# Website alignment



## fatbobthefirst (May 24, 2006)

How can I be on IE and see my web site I designed for someone look perfect.

He uses IE and one line on the page be off so far.
When I look at Frontpage it looks fine. But when I look in Frontpage the view of what it is going to look like it is off as well.

Same goes for other programs I have tried. Coffeecup, Golive, the Macromedia html editor.

Can not understand it.


----------



## Fyzbo (Feb 6, 2002)

styling webpages can be difficult especially with IE's rendering. This new version to IE7 makes big improvements to the rendering engine, but many people still use IE6. I would not trust any wysiwyg editor, the most foolproof approach is to write the code and then test in as many browsers as possible. In time you will learn what works cross-browser and what doesn't.


----------



## DrDaM4n (Jan 4, 2008)

I agree with Fyzbo.
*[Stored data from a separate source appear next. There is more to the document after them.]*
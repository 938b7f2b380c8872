//! Tests of the solver.
#![tactic(auto)]

#[cfg(test)]
mod answers;
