//! How large what is asked about may be: the usual limits, or those of a whole host.
#![tactic(auto)]

mod limits;

pub use limits::Limits;
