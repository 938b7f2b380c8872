//! The token at an index: which one it is, and which operator.
ghost use Rattle.std.specs.Prelude.{◌≡◌, ◌+◌, ◌<◌, ◌≤◌, drop, length, IfOk, IfSome};
ghost use Rattle.std.specs.Option.{option_map};
ghost use Rattle.pp_syntax.specs.Lexing.{lexemes_of, lexeme_of};
ghost use Rattle.pp_readers.specs.Marks.{front_of, first_at, mark, sign_operator, keyword_operator, operator_of, infix_at, sign_prefix, prefix_of, prefix_at, is_suffix, begins_suffix};
ghost use Rattle.pp_readers.specs.Parsed.{Reads, Sees};
ghost use Rattle.pp_readers.specs.Expressions.{begins_word, prefixes};

use pp_readers::{Misread, Read};
use pp_syntax::{Kind, Op, Token, op_among};
use rh_base::{NoMemory, Seq};
use std::alloc::Global;

/// The token at this index, and the index behind it.
pub fn front_of<'a, 't>(tokens: &'a [Token<'t>], from: usize) -> Option<(&'a Token<'t>, usize)>
    ensures is { option_map (λ x. (lexeme_of x.0.now, drop x.1 (lexemes_of tokens.now))) result ≡ front_of (drop from (lexemes_of tokens.now)) }
    ensures behind { IfSome result (λ x. (x.1 ≡ from + 1) × (from < length tokens.now)) }
{
    let token = tokens.get(from)?;
    Some((token, from + 1))
}

/// One more than the number of tokens from this index on.
pub fn turns(tokens: &[Token<'_>], from: usize) -> usize
    ensures { result ≡ length (drop from (lexemes_of tokens.now)) + 1 }
{
    tokens.len().saturating_sub(from) + 1
}

/// Where the token of this kind and text stands that is at this index, and the index behind it.
pub fn mark(kind: Kind, text: &str, tokens: &[Token<'_>], from: usize) -> Option<(u32, usize)>
    ensures { Sees (mark kind text.now) tokens.now from result }
{
    let (token, rest) = front_of(tokens, from)?;
    let same = token.kind == kind;
    let spelled = token.text == text;
    if same && spelled {
        Some((token.at, rest))
    } else {
        None
    }
}

/// The same, where nothing else goes on.
pub fn expect(kind: Kind, text: &str, tokens: &[Token<'_>], from: usize) -> Read<u32>
    ensures { Reads (mark kind text.now) tokens.now from result }
{
    mark(kind, text, tokens, from).ok_or(Misread::Form(from))
}

/// Where the token at this index stands.
pub fn first_at(tokens: &[Token<'_>], from: usize) -> u32
    ensures { result ≡ first_at (drop from (lexemes_of tokens.now)) }
{
    match front_of(tokens, from) {
        Some((token, _)) => token.at,
        None => 0,
    }
}

/// A WORD stands at this index.
pub fn begins_word(tokens: &[Token<'_>], from: usize) -> bool
    ensures { result ≡ begins_word (drop from (lexemes_of tokens.now)) }
{
    match front_of(tokens, from) {
        Some((token, _)) => matches!(token.kind, Kind::Word),
        None => false,
    }
}

fn sign_operator(text: &str) -> Option<Op>
    ensures { result ≡ sign_operator text.now }
{
    let signs = [
        Op::Less,
        Op::Greater,
        Op::AtMost,
        Op::AtLeast,
        Op::Same,
        Op::NotSame,
        Op::Plus,
        Op::Minus,
        Op::Times,
    ];
    op_among(&signs, text)
}

fn keyword_operator(text: &str) -> Option<Op>
    ensures { result ≡ keyword_operator text.now }
{
    op_among(&[Op::Or, Op::And, Op::In], text)
}

fn operator_of(kind: Kind, text: &str) -> Option<Op>
    ensures { result ≡ operator_of kind text.now }
{
    match kind {
        Kind::Sign => sign_operator(text),
        Kind::Keyword => keyword_operator(text),
        _ => None,
    }
}

/// The operator of this level that is at the front.
pub fn infix_at(level: u32, tokens: &[Token<'_>], from: usize) -> Option<(Op, usize)>
    ensures { Sees (infix_at level) tokens.now from result }
{
    let (token, rest) = front_of(tokens, from)?;
    let op = operator_of(token.kind, token.text)?;
    if op.level() == level {
        Some((op, rest))
    } else {
        None
    }
}

fn sign_prefix(text: &str) -> Option<Op>
    ensures { result ≡ sign_prefix text.now }
{
    op_among(&[Op::Not, Op::Minus], text)
}

fn prefix_of(kind: Kind, text: &str) -> Option<Op>
    ensures { result ≡ prefix_of kind text.now }
{
    match kind {
        Kind::Sign => sign_prefix(text),
        _ => None,
    }
}

fn is_suffix(kind: Kind, text: &str) -> bool
    ensures { result ≡ is_suffix kind text.now }
{
    match kind {
        Kind::Tight => text == "[",
        Kind::Sign => text == "?",
        _ => false,
    }
}

/// What stands at this index indexes what is in front of it, or selects by it.
pub fn begins_suffix(tokens: &[Token<'_>], from: usize) -> bool
    ensures { result ≡ begins_suffix (drop from (lexemes_of tokens.now)) }
{
    match front_of(tokens, from) {
        Some((token, _)) => is_suffix(token.kind, token.text),
        None => false,
    }
}

fn prefix_at(tokens: &[Token<'_>], from: usize) -> Option<(Op, usize)>
    ensures is { Sees prefix_at tokens.now from result }
    ensures behind { IfSome result (λ x. (from < x.1) × (x.1 ≤ length tokens.now)) }
{
    let (token, rest) = front_of(tokens, from)?;
    let op = prefix_of(token.kind, token.text)?;
    Some((op, rest))
}

/// All `!` and `-` from this index on.
pub fn prefixes(
    alloc: Global,
    tokens: &[Token<'_>],
    from: usize,
) -> Result<(Seq<Op>, usize), NoMemory>
    ensures { IfOk result (λ x. (x.0, drop x.1 (lexemes_of tokens.now)) ≡ prefixes (drop from (lexemes_of tokens.now))) }
{
    let mut found = Seq::new(alloc);
    let mut rest = from;
    while let Some((op, more)) = prefix_at(tokens, rest) {
        found.push(op)?;
        rest = more;
    }
    Ok((found, rest))
}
The web design views in FrontPage and Dreamweaver are both flawed. I have learned this through experience using both apps. Somethings come out alright, and others are completely misaligned and/or wrong.


----------



## fatbobthefirst (May 24, 2006)

What would you do when on my computer and every computer I check something is lined up perfect. 
But on the person who I did the webpage for, the box is not lined up like the other things on the same page? He does have Vista, I have XP. I have tried on IE6 and 7 and Firefox.
He was using MSN and I had him try it in IE. Both programs on his side were off...By a lot.


----------



## DrDaM4n (Jan 4, 2008)

Make sure that they have an updated version of the browser they are using - even uninsalling and re-installing the browser may help. Like Fyzbo said, it sounds like a rendering issue.

I would have to see the problem more in-depth in order to give more specfic suggestions. Do you have a screen shot from both systems?


----------



## amanxman (Mar 28, 2006)

To be honest, using wysiwyg editors for web is pretty useless - you really need to go straight into the code.

regarding different browsers, yes, it's unfortuatly part of life that Firefox renders differently to IE6 which again renders differently to IE7 which renders different to Safari which... I could go on...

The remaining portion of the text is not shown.